Look through the data for the string "AreWidenedWithin". Copy every line where it is found.

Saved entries
=== Begin Enclosure ===

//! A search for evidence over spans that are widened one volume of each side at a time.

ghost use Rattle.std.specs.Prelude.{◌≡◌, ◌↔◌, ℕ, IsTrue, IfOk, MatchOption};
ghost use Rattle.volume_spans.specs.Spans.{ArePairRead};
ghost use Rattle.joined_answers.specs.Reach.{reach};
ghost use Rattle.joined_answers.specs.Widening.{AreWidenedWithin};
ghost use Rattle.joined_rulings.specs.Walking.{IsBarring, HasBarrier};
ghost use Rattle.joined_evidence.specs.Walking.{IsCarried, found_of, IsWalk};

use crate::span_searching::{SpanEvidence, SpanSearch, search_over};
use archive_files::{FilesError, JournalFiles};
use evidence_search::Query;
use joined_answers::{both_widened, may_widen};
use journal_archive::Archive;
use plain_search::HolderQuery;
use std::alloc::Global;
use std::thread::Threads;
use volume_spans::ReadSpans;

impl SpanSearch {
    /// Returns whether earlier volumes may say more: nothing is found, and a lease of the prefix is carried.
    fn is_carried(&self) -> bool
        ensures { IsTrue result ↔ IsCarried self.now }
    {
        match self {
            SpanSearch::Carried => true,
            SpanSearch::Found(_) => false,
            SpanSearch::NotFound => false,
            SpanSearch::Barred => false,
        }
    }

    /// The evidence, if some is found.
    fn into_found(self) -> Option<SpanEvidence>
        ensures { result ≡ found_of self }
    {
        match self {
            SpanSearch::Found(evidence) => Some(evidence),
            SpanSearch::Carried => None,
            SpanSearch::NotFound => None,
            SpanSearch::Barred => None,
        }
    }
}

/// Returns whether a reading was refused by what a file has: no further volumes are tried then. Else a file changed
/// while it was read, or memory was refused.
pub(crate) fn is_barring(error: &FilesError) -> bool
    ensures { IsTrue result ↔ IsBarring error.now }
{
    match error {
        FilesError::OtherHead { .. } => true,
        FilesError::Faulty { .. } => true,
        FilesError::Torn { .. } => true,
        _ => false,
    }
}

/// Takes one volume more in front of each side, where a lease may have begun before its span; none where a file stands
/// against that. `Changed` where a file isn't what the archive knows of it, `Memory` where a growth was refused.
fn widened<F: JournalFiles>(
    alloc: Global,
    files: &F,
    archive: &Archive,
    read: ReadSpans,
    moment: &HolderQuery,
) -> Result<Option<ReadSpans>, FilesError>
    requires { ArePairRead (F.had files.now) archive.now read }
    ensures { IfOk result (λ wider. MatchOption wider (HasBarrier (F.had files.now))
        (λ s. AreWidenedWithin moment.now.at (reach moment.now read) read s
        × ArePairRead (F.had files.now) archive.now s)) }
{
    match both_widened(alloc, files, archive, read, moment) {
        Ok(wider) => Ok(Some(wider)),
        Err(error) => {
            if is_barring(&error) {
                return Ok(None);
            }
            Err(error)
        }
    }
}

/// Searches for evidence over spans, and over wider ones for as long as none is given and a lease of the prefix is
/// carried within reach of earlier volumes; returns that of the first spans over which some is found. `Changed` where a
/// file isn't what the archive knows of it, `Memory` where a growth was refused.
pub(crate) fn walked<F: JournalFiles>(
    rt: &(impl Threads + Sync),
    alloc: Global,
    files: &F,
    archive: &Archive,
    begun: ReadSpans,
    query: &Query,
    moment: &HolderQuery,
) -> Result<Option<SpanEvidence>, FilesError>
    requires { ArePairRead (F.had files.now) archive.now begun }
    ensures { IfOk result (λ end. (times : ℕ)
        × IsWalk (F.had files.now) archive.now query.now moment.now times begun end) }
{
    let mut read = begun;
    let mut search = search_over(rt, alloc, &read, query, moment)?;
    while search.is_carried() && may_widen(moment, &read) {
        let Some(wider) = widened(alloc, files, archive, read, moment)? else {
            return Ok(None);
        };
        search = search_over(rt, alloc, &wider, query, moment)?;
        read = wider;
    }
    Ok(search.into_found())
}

=== End Enclosure ===

§ **The answer**
ghost use Rattle.joined_answers.specs.Widening.{AreWidenedWithin};
        (λ s. AreWidenedWithin moment.now.at (reach moment.now read) read s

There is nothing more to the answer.